Insights into Hydrocarbon-rich Environments from Studies of Protein Dynamics, Thermodynamics, and Spectroscopy
Wednesday, 16 December 2015: 10:50
2010 (Moscone West)
Extraordinary amounts of information are now available from genomic and metagenomic analyses of a wide variety of environments of geological and biological interest. Using such genomic information as a starting point, we are interested in looking at microbial systems at the molecular level, using the tools and approaches of inorganic chemistry, physical chemistry, and molecular biology. From these studies, spanning the molecular to the global, we gain insights into relationships between microbial life and the geochemical environment in which it lives. In our work to date, we have focused on hydrocarbon-rich environments, including the La Brea Tar Pits and the Gulf of Mexico.

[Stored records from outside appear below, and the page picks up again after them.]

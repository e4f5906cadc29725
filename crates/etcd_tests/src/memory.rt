//! An entry over an etcd in memory, which refuses and loses as its fates say.

ghost use Rattle.std.specs.Prelude.{◌≡◌, [], codes, IfOk};

use gu_etcd::{AppendError, Appender, Fate, MAX_ENTRY, MemoryNode, entry_of};
use std::alloc::{AllocError, Global};
use std::test::Fail;

/// Returns an etcd with an empty log, which desk A-2 asks, and whose calls have these fates, the last one first.
pub fn node_of(alloc: Global, leads: bool, fates: &[Fate]) -> Result<MemoryNode, AllocError>
    ensures leader { IfOk result (λ node. node.leader.items ≡ codes "A-2") }
    ensures log { IfOk result (λ node. node.log.items ≡ []) }
    ensures known { IfOk result (λ node. node.known ≡ 0) }
{
    let fates = Vec::from_slice(alloc, fates)?;
    let leader = Vec::from_slice(alloc, b"A-2")?;
    let mut node = MemoryNode::new(leader, Vec::new(alloc), 0);
    node.set_fates(fates);
    if !leads {
        node.lose_leadership();
    }
    Ok(node)
}

/// Has desk A-2 append an entry, and returns how many it knows to be kept then.
fn append(
    alloc: Global,
    leads: bool,
    fates: &[Fate],
) -> Result<Result<u64, AppendError>, AllocError> {
    let entry = entry_of(alloc, b"A-2", b"DAY 20260105\n")?;
    if entry.len() > MAX_ENTRY {
        return Ok(Err(AppendError::Full));
    }
    let node = node_of(alloc, leads, fates)?;
    Ok(match Appender::new(node, 0).append(alloc, &entry) {
        Ok(appender) => Ok(appender.count()),
        Err(stopped) => Err(stopped.error()),
    })
}

/// What comes upon the calls, whether the desk leads, their fates, the last one first, and what the appender says.
const ROWS: &[(&str, bool, &[Fate], Result<u64, AppendError>)] = &[
    ("nothing", true, &[], Ok(1)),
    ("an answer", true, &[Fate::Answered], Ok(1)),
    ("a lost question", true, &[Fate::RequestLost], Ok(1)),
    ("a lost answer", true, &[Fate::AnswerLost], Ok(1)),
    (
        "several of both",
        true,
        &[
            Fate::RequestLost,
            Fate::AnswerLost,
            Fate::AnswerLost,
            Fate::RequestLost,
        ],
        Ok(1),
    ),
    (
        "no answer at all",
        true,
        &[Fate::RequestLost; 16],
        Err(AppendError::Failed),
    ),
    ("another desk leads", false, &[], Err(AppendError::Fenced)),
    (
        "another desk leads, and an answer is lost",
        false,
        &[Fate::AnswerLost],
        Err(AppendError::Fenced),
    ),
];

#[test]
fn an_entry_is_kept_or_its_desk_is_fenced(rt: HostRuntime) -> Result<(), Fail> {
    for (what, leads, fates, said) in ROWS {
        let outcome = append(rt.alloc(), *leads, fates)?;
        assert_eq!(rt; outcome, *said, "{what}");
    }
    Ok(())
}
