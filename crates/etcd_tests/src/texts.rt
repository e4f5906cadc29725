//! The texts of requests, as etcd's documentation has them: the fields of grpc-gateway's JSON, with bytes in base64.
use gu_etcd::{grant_text, keep_alive_text, lead_text, put_text, range_text};
use std::test::Fail;

#[test]
fn an_entry_is_put_if_its_number_is_free_and_the_desk_leads(rt: HostRuntime) -> Result<(), Fail> {
    let text = put_text(rt.alloc(), b"DAY", b"desk A", 7, b"LIMIT G1 EXEC E1 100\n")?;
    let expected = "{\"compare\":[\
        {\"target\":\"VERSION\",\"key\":\"REFZLzAwMDAwMDAwMDc=\",\"version\":\"0\"},\
        {\"target\":\"VALUE\",\"key\":\"REFZL2xlYWRlcg==\",\"value\":\"ZGVzayBB\"}],\
        \"success\":[{\"request_put\":{\"key\":\"REFZLzAwMDAwMDAwMDc=\",\"value\":\"TElNSVQgRzEgRVhFQyBFMSAxMDAK\"}}],\
        \"failure\":[{\"request_range\":{\"key\":\"REFZLzAwMDAwMDAwMDc=\"}}]}";
    assert_eq!(rt; text.as_str(), expected);
    Ok(())
}

#[test]
fn an_empty_entry_has_an_empty_value(rt: HostRuntime) -> Result<(), Fail> {
    let text = put_text(rt.alloc(), b"DAY", b"desk A", 9_999_999_999, b"")?;
    let expected = "{\"compare\":[\
        {\"target\":\"VERSION\",\"key\":\"REFZLzk5OTk5OTk5OTk=\",\"version\":\"0\"},\
        {\"target\":\"VALUE\",\"key\":\"REFZL2xlYWRlcg==\",\"value\":\"ZGVzayBB\"}],\
        \"success\":[{\"request_put\":{\"key\":\"REFZLzk5OTk5OTk5OTk=\",\"value\":\"\"}}],\
        \"failure\":[{\"request_range\":{\"key\":\"REFZLzk5OTk5OTk5OTk=\"}}]}";
    assert_eq!(rt; text.as_str(), expected);
    Ok(())
}

#[test]
fn entries_are_asked_for_from_a_number_on(rt: HostRuntime) -> Result<(), Fail> {
    let text = range_text(rt.alloc(), b"DAY", 1, 16)?;
    let expected = "{\"key\":\"REFZLzAwMDAwMDAwMDE=\",\"range_end\":\"REFZLzo=\",\"limit\":\"16\"}";
    assert_eq!(rt; text.as_str(), expected);
    Ok(())
}

#[test]
fn a_lease_is_asked_for_and_kept_alive(rt: HostRuntime) -> Result<(), Fail> {
    let asked = grant_text(rt.alloc(), 3)?;
    let alive = keep_alive_text(rt.alloc(), 1_188_284_182_940_485_382)?;
    assert_eq!(rt; asked.as_str(), "{\"TTL\":\"3\",\"ID\":\"0\"}");
    assert_eq!(rt; alive.as_str(), "{\"ID\":\"1188284182940485382\"}");
    Ok(())
}

#[test]
fn a_desk_leads_if_none_does(rt: HostRuntime) -> Result<(), Fail> {
    let text = lead_text(rt.alloc(), b"DAY", b"desk A", 42)?;
    let expected = "{\"compare\":[\
        {\"target\":\"VERSION\",\"key\":\"REFZL2xlYWRlcg==\",\"version\":\"0\"}],\
        \"success\":[{\"request_put\":{\"key\":\"REFZL2xlYWRlcg==\",\"value\":\"ZGVzayBB\",\"lease\":\"42\"}}],\
        \"failure\":[{\"request_range\":{\"key\":\"REFZL2xlYWRlcg==\"}}]}";
    assert_eq!(rt; text.as_str(), expected);
    Ok(())
}
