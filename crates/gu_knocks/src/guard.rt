//! Which firm a first message lets in.

ghost use Rattle.std.specs.Prelude.{◌≡◌, None, Some, IfOk, MatchOption};
ghost use Rattle.std.specs.Option.{option_map};
ghost use Rattle.gu_msgs.specs.Values.{first_value};
ghost use Rattle.gu_knocks.specs.Hearing.{AnswersFirst};
ghost use Rattle.gu_knocks.specs.Knocks.{IsLetIn, caller_in};
ghost use Rattle.gu_knocks.specs.declared.guard.TheConstants.{PASSWORD};

use crate::heard::Glance;
use crate::suspicion::suspect;
use gu_fix::{Fields, Frame, into_fields};
use gu_log::LogonFault;
use gu_msgs::header_in;
use gu_secrets::{Secrets, firm_named};
use gu_terms::FirmId;
use std::alloc::{AllocError, Global};

/// The tag of Password.
const PASSWORD: u32 = 554;

/// The firms that may be let in at a connection's way in, and their secrets, if they need one.
#[derive(Clone, Copy)]
pub struct Guard<'a> {
    /// The secrets, if there are any. Without them nobody is turned away.
    pub secrets: Option<&'a Secrets>,
    pub firms: &'a [FirmId],
}

/// What a first message leads to.
pub(crate) enum Judged {
    /// The connection is let in: with secrets as the firm that is shown, without them as any firm that may log on.
    LetsIn(Glance),
    /// The connection is turned away.
    Refuses(Glance),
}

/// Returns the first Password (554).
fn password(fields: &Fields) -> Option<&[u8]>
    ensures { MatchOption result (first_value PASSWORD fields.now ≡ None) (λ value. first_value PASSWORD fields.now ≡ Some value.now) }
{
    for field in fields {
        if field.tag == PASSWORD {
            return Some(field.value);
        }
    }
    None
}

/// Returns the sender of a message, if it is one of these firms.
fn caller(firms: &[FirmId], fields: &Fields) -> Option<FirmId>
    ensures { result ≡ caller_in firms.now fields.now }
{
    firm_named(firms, header_in(fields).sender_comp_id?)
}

/// Returns the sender of a message, if it is one of these firms and the message has its secret.
fn firm_in(secrets: &Secrets, firms: &[FirmId], fields: &Fields) -> Option<FirmId>
    ensures { IsLetIn secrets.now firms.now fields.now result }
{
    caller(firms, fields).filter(|firm| secrets.admits(*firm, password(fields)))
}

/// Returns the fault of a message that lets nobody in by secrets: it names none of these firms, or lacks the secret of the firm that it
/// names.
fn refused(named: Option<FirmId>) -> Glance {
    Glance {
        firm: named,
        fault: match named {
            Some(_) => LogonFault::Secret,
            None => LogonFault::Sender,
        },
    }
}

impl Guard<'_> {
    /// Returns what this first message leads to.
    pub(crate) fn judge(&self, alloc: Global, frame: Frame) -> Result<Judged, AllocError>
        ensures { IfOk result (AnswersFirst (option_map (λ secrets. secrets.now) self.now.secrets) self.now.firms.now frame) }
    {
        let (fields, malformed) = into_fields(alloc, frame)?;
        let named = caller(self.firms, &fields);
        let Some(secrets) = self.secrets else {
            let fault = suspect(alloc, named, &fields, malformed)?;
            return Ok(Judged::LetsIn(Glance { firm: None, fault }));
        };
        let firm = firm_in(secrets, self.firms, &fields);
        if firm.is_none() {
            return Ok(Judged::Refuses(refused(named)));
        }
        let fault = suspect(alloc, named, &fields, malformed)?;
        Ok(Judged::LetsIn(Glance { firm, fault }))
    }
}
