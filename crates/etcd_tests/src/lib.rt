//! Tests of the journal in etcd: texts of requests, answers, and days over a model of etcd.
#![tactic(auto)]

#[cfg(test)]
mod answers;
#[cfg(test)]
mod appending;
#[cfg(test)]
mod entries;
#[cfg(test)]
mod etcd;
#[cfg(test)]
mod keys;
#[cfg(test)]
mod memory;
#[cfg(test)]
mod pages;
#[cfg(test)]
mod sinks;
#[cfg(test)]
mod texts;
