//! What is known about a connection from all that it has sent.

ghost use Rattle.std.specs.Prelude.{◌≡◌, ◌<◌, ◌++◌, length, IfOk};
ghost use Rattle.std.specs.Option.{option_map};
ghost use Rattle.gu_fix.specs.Stream.{HasNoFrameYet};
ghost use Rattle.gu_knocks.specs.Hearing.{IsHeard};
ghost use Rattle.gu_knocks.specs.declared.heard.TheConstants.{MOST_SAID};

use crate::guard::{Guard, Judged};
use crate::knock::Knock;
use gu_fix::FeedError;
use gu_log::LogonFault;
use gu_terms::FirmId;
use std::alloc::{AllocError, Global};

/// If there are secrets, a connection that sends more bytes than this without a whole message is turned away.
const MOST_SAID: usize = 16_384;

/// What a first message shows.
#[derive(Clone, Copy, Debug)]
pub struct Glance {
    /// The firm whose secret fits; if the connection is turned away, the firm that it names, if that may come in here.
    pub firm: Option<FirmId>,
    /// Its fault, or what its fault is if its session refuses it.
    pub fault: LogonFault,
}

/// What is known after more bytes have come.
#[derive(Drop)]
pub enum Heard {
    /// The first message isn't whole yet.
    Waits(Knock),
    /// The connection is let in. `said` is all that has come, for its session to read.
    LetsIn { glance: Glance, said: Vec<u8> },
    /// The connection is turned away.
    Refuses(Glance),
}

impl Knock {
    /// Takes the next bytes, and returns what is known with them. If an allocation fails, the connection is lost.
    pub fn hear(self, alloc: Global, guard: Guard<'_>, piece: &[u8]) -> Result<Heard, AllocError>
        ensures { IfOk result (IsHeard (option_map (λ secrets. secrets.now) guard.entry.secrets) guard.entry.firms.now (self ++ piece.now)) }
    {
        let Knock {
            mut said,
            mut intake,
        } = self;
        said.extend_from_slice(piece)?;
        match intake.push(piece) {
            Ok(()) => {}
            Err(FeedError::Memory) => return Err(AllocError),
        }
        match intake.next_frame() {
            Err(FeedError::Memory) => Err(AllocError),
            Ok(Some(frame)) => match guard.judge(alloc, frame)? {
                Judged::LetsIn(glance) => Ok(Heard::LetsIn { glance, said }),
                Judged::Refuses(glance) => Ok(Heard::Refuses(glance)),
            },
            Ok(None) if said.len() <= MOST_SAID => Ok(Heard::Waits(Knock { said, intake })),
            Ok(None) => Ok(after_too_much(guard, said)),
        }
    }
}

/// Returns what is known about a connection that has sent too much before its first message is whole.
fn after_too_much(guard: Guard<'_>, said: Vec<u8>) -> Heard
    ensures { HasNoFrameYet said.items → MOST_SAID < length said.items → IsHeard (option_map (λ secrets. secrets.now) guard.entry.secrets) guard.entry.firms.now said.items result }
{
    let glance = Glance {
        firm: None,
        fault: LogonFault::TooLong,
    };
    match guard.secrets {
        Some(_) => Heard::Refuses(glance),
        None => Heard::LetsIn { glance, said },
    }
}
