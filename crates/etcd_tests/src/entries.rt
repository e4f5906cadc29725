//! Entries: batches under the names of their desks.
use gu_etcd::{an_entry_is_of_one_desk, entry_of, parts_of};
use std::test::Fail;

#[test]
fn an_entry_begins_with_the_name_of_its_desk(rt: HostRuntime) -> Result<(), Fail> {
    an_entry_is_of_one_desk();
    let entry = entry_of(rt.alloc(), b"A-7", b"DAY 20260105\n")?;
    assert_eq!(rt; entry.as_slice(), b"# desk A-7\nDAY 20260105\n".as_slice());
    let (desk, batch) = parts_of(&entry).ok_or("parts")?;
    assert_eq!(rt; desk, b"A-7".as_slice());
    assert_eq!(rt; batch, b"DAY 20260105\n".as_slice());
    Ok(())
}

/// Texts, and whether each is the entry of a desk.
const ENTRIES: &[(&str, bool)] = &[
    ("# desk A-7\n", true),
    ("# desk A-7\n\n", true),
    ("# desk A-7\n# desk B-1\n", true),
    ("", false),
    ("DAY 20260105\n", false),
    ("# desk A-7", false),
    ("# desk \nDAY 20260105\n", false),
    ("# desk A 7\n", false),
    ("#desk A-7\n", false),
    ("# desk A-7\r\n", false),
];

#[test]
fn what_has_no_desk_is_no_entry(rt: HostRuntime) {
    for (text, is) in ENTRIES {
        assert_eq!(rt; parts_of(text.as_bytes()).is_some(), *is, "{text}");
    }
}
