//! A connection whose first message isn't whole yet.

ghost use Rattle.std.specs.Prelude.{◌≡◌, [], length};

use gu_fix::Intake;
use std::alloc::Global;
use std::marker::Model;

/// A connection whose first message isn't whole yet. To a contract it is the bytes that have come.
#[derive(Drop)]
pub struct Knock {
    pub(crate) said: Vec<u8>,
    pub(crate) intake: Intake,
}

impl Model for Knock {
    ghost use Rattle.std.specs.Prelude.{List, ℕ, []};
    ghost use Rattle.gu_fix.specs.Stream.{LeadsOn};

    ghost Value = { List ℕ };

    ghost view = { λ knock. knock.said.items };

    ghost invariant = { λ knock. LeadsOn knock.said.items [] knock.intake };
}

impl Knock {
    /// Creates it for a connection that has sent nothing yet.
    pub fn new(alloc: Global) -> Self
        ensures { result ≡ [] }
    {
        Knock {
            said: Vec::new(alloc),
            intake: Intake::new(alloc),
        }
    }

    /// Returns how many bytes have come.
    pub fn len(&self) -> usize
        ensures { result ≡ length self.now }
    {
        self.said.len()
    }
}
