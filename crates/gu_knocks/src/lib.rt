//! A connection before there is a session: its first message, and which firm that lets in.
#![tactic(auto)]

mod guard;
mod heard;
mod knock;
mod listening;
mod suspicion;

pub use guard::Guard;
pub use heard::Glance;
pub use listening::{Listened, Listening};
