//! What etcd 3.4.23 answered to requests, and what is read of it.
use gu_etcd::{MAX_ANSWER, NodeError, PutAnswer, read_put};
use std::alloc::Global;
use std::test::Fail;

/// Returns what is read of an answer, as a word.
fn word(alloc: Global, answer: &str) -> &'static str {
    match read_put(alloc, answer.as_bytes()) {
        Ok(PutAnswer::Kept) => "kept",
        Ok(PutAnswer::Holds(there)) => {
            if there.as_slice() == b"hello\n".as_slice() {
                "hello"
            } else if there.is_empty() {
                "empty"
            } else {
                "another"
            }
        }
        Ok(PutAnswer::NotLeading) => "not leading",
        Err(NodeError::Unanswered) => "none",
        Err(NodeError::Memory) => "memory",
    }
}

/// Answers as they came, and what is read of each.
const ANSWERS: &[(&str, &str)] = &[
    (
        "{\"header\":{\"cluster_id\":\"17086039349274994302\",\"member_id\":\"2153012361009272853\",\"revision\":\"3\",\"raft_term\":\"2\"},\"succeeded\":true,\"responses\":[{\"response_put\":{\"header\":{\"revision\":\"3\"}}}]}",
        "kept",
    ),
    (
        "{\"header\":{\"revision\":\"3\",\"raft_term\":\"2\"},\"responses\":[{\"response_range\":{\"header\":{\"revision\":\"3\"},\"kvs\":[{\"key\":\"REFZLzAwMDAwMDAwMDE=\",\"create_revision\":\"3\",\"mod_revision\":\"3\",\"version\":\"1\",\"value\":\"aGVsbG8K\"}],\"count\":\"1\"}}]}",
        "hello",
    ),
    (
        "{\"header\":{\"revision\":\"4\"},\"responses\":[{\"response_range\":{\"header\":{\"revision\":\"4\"},\"kvs\":[{\"key\":\"REFZLzAwMDAwMDAwMDI=\",\"create_revision\":\"4\",\"mod_revision\":\"4\",\"version\":\"1\"}],\"count\":\"1\"}}]}",
        "empty",
    ),
    (
        "{\"responses\":[{\"response_range\":{\"kvs\":[{\"value\":\"b3RoZXIK\"}]}}]}",
        "another",
    ),
    (
        "{\"header\":{\"revision\":\"4\"},\"responses\":[{\"response_range\":{\"header\":{\"revision\":\"4\"}}}]}",
        "not leading",
    ),
];

#[test]
fn each_answer_of_etcd_is_read(rt: HostRuntime) {
    for (answer, read) in ANSWERS {
        assert_eq!(rt; word(rt.alloc(), answer), *read, "{answer}");
    }
}

/// Texts that answer nothing.
const NO_ANSWERS: &[&str] = &[
    "",
    "{",
    "{}",
    "[]",
    "true",
    "Not Found\n",
    "{\"error\":\"unexpected EOF\",\"message\":\"unexpected EOF\",\"code\":3}",
    "{\"error\":\"etcdserver: request timed out\",\"message\":\"etcdserver: request timed out\",\"code\":14}",
    "{\"succeeded\":false}",
    "{\"succeeded\":\"true\"}",
    "{\"responses\":[]}",
    "{\"responses\":{}}",
    "{\"responses\":[{\"response_put\":{}}]}",
    "{\"responses\":[{\"response_range\":{\"kvs\":[{\"value\":7}]}}]}",
    "{\"responses\":[{\"response_range\":{\"kvs\":[{\"value\":\"?\"}]}}]}",
    "{\"responses\":[{\"response_range\":{\"kvs\":[{\"value\":\"aGVsbG8\"}]}}]}",
    "{\"responses\":[{\"response_range\":{}}]",
];

#[test]
fn what_is_no_answer_is_read_as_none(rt: HostRuntime) {
    for answer in NO_ANSWERS {
        assert_eq!(rt; word(rt.alloc(), answer), "none", "{answer}");
    }
}

#[test]
fn an_answer_that_is_too_long_is_none(rt: HostRuntime) -> Result<(), Fail> {
    let mut long = vec![in rt.alloc(); b' '; MAX_ANSWER]?;
    long.extend_from_slice(b"{\"succeeded\":true}")?;
    assert!(rt; matches!(read_put(rt.alloc(), &long), Err(NodeError::Unanswered)));
    Ok(())
}
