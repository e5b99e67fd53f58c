// The candidates of a job image as records of the lent list.
#![tactic(auto)]

ghost use Rattle.std.specs.Prelude.{◌≡◌, ◌+◌};
ghost use Rattle.def_effects.specs.Effects.{CreateFunction};
ghost use Rattle.lent_effects.specs.Records.{put_effect};
ghost use Rattle.def_image.specs.Layout as Image;
ghost use Rattle.def_image.specs.Layout.{count_of};
ghost use Rattle.def_image.specs.Decode.{place_at, places_from};
ghost use Rattle.image_decode.specs.Decoded as Decoded;
ghost use Rattle.image_decode.specs.Decoded.{decoded_candidate, decoded_candidates, head_at};
ghost use Rattle.lent_layout.specs.Layout.{candidate_table};

use def_effects::{AliasingDiagnostic, Place};
use def_kinds::ValueKind;
use image_class2::{Section, cell, count_of, creates_function};
use image_decode::{place_at, put_run};
use lent_effect_write::put_effect;
use lent_effects::AliasingEffect;
use lent_layout::CANDIDATES;

// The diagnostic of candidate k.
fn diagnostic_at(im: &[u32], k: u32) -> AliasingDiagnostic
    ensures { result ≡ Decoded.diagnostic_at im.now k }
{
    let identity = cell(im, Section::Candidates, k, 3);
    AliasingDiagnostic {
        identity,
        instance: identity,
    }
}

// The first place of candidate k.
// "a destination is the second, any other the first"
fn first_at(im: &[u32], k: u32) -> Place
    ensures { result ≡ place_at im.now (Image.first_place im.now k) }
{
    place_at(im, cell(im, Section::Candidates, k, 1))
}

// The second place of candidate k.
// "a destination is the second, any other the first"
fn second_at(im: &[u32], k: u32) -> Place
    ensures { result ≡ place_at im.now (Image.second_place im.now k) }
{
    place_at(im, cell(im, Section::Candidates, k, 2))
}

// The effect of candidate k, without captures.
// A number that is no code reads as Render; such an image is refused before it is used.
#[tactic(auto, unfolding(image_decode::specs::Decoded::head_at, image_decode::specs::Decoded::heads_at))]
fn head_at(im: &[u32], k: u32) -> AliasingEffect
    ensures { result ≡ head_at im.now k }
{
    let place = first_at(im, k);
    let from = place;
    let into = second_at(im, k);
    let reason = cell(im, Section::Candidates, k, 4);
    match cell(im, Section::Candidates, k, 0) {
        0 => AliasingEffect::Freeze { place, reason },
        1 => AliasingEffect::Mutate {
            place,
            reason: cell(im, Section::Candidates, k, 3),
        },
        2 => AliasingEffect::MutateConditionally { place },
        3 => AliasingEffect::MutateTransitive { place },
        4 => AliasingEffect::MutateTransitiveConditionally { place },
        5 => AliasingEffect::Capture { from, into },
        6 => AliasingEffect::Alias { from, into },
        7 => AliasingEffect::MaybeAlias { from, into },
        8 => AliasingEffect::Assign { from, into },
        9 => AliasingEffect::Create {
            into,
            kind: ValueKind::of_code(cell(im, Section::Candidates, k, 3)),
            reason,
        },
        10 => AliasingEffect::CreateFrom { from, into },
        11 => AliasingEffect::ImmutableCapture { from, into },
        13 => AliasingEffect::CreateFunction {
            function: cell(im, Section::Candidates, k, 5),
            into,
        },
        14 => AliasingEffect::MutateFrozen {
            place,
            error: diagnostic_at(im, k),
        },
        15 => AliasingEffect::MutateGlobal {
            place,
            error: diagnostic_at(im, k),
        },
        16 => AliasingEffect::Impure {
            place,
            error: diagnostic_at(im, k),
        },
        _ => AliasingEffect::Render { place },
    }
}

// A CreateFunction is written as candidate k, with its captures.
// "first and count of captures (16)": they are copied from the image's places.
fn decode_creation(im: &[u32], k: u32, xs: &mut [u32])
    ensures { xs.new
        ≡ put_effect candidate_table xs.old k
        (CreateFunction
        (places_from im.now (Image.captures_first im.now k)
        (Image.captures_count im.now k)) (Image.function im.now k)
        (place_at im.now (Image.second_place im.now k))) }
{
    let i = k as usize;
    let first = cell(im, Section::Candidates, k, 6);
    let n = cell(im, Section::Candidates, k, 7);
    CANDIDATES.put_field(xs, i, 0, 13);
    CANDIDATES.put_place(xs, i, 6, 0, second_at(im, k));
    CANDIDATES.put_field(xs, i, 14, cell(im, Section::Candidates, k, 5));
    CANDIDATES.put_field(xs, i, 17, n);
    put_run(CANDIDATES, xs, i, 18, im, first, n);
}

// Candidate k is written as its record.
// Of all effects a CreateFunction alone has captures.
#[tactic(auto, using(image_decode::proofs::Laws::Candidate::candidate_plain, image_decode::proofs::Laws::Candidate::candidate_creation))]
fn decode_candidate(im: &[u32], k: u32, xs: &mut [u32])
    ensures { xs.new ≡ decoded_candidate im.now k xs.old }
{
    if creates_function(im, k) {
        decode_creation(im, k, xs);
    } else {
        put_effect(CANDIDATES, xs, k as usize, head_at(im, k), &[0]);
    }
}

// All candidates of the image are written as records.
// As many as the header says, one after the other.
#[tactic(auto, using(image_decode::proofs::Laws::Read::after_more, image_decode::proofs::Laws::Read::after_none), unfolding(image_decode::specs::Decoded::decoded_candidates))]
pub fn decode_candidates(im: &[u32], xs: &mut [u32])
    ensures { xs.new ≡ decoded_candidates im.now (count_of im.now Image.candidates) xs.old }
{
    for k in 0..count_of(im, Section::Candidates) {
        decode_candidate(im, k, xs);
    }
}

Starting from genomic information, we have identified proteins of interest, cloned synthetic genes into E. coli, overexpressed and purified the proteins, and characterized them by UV-visible absorption, circular dichroism, and NMR spectroscopies; X-ray crystallography; and electrochemistry. Using as examples our recent studies of a metal-uptake protein from a methanogenic archaeon native to the La Brea Tar Pits, and of electron-transfer and hydrocarbon-degrading proteins from cold marine ecosystems, we describe how new combinations of genomics, molecular biology, and bioinorganic chemistry can provide novel insights into geobiological processes.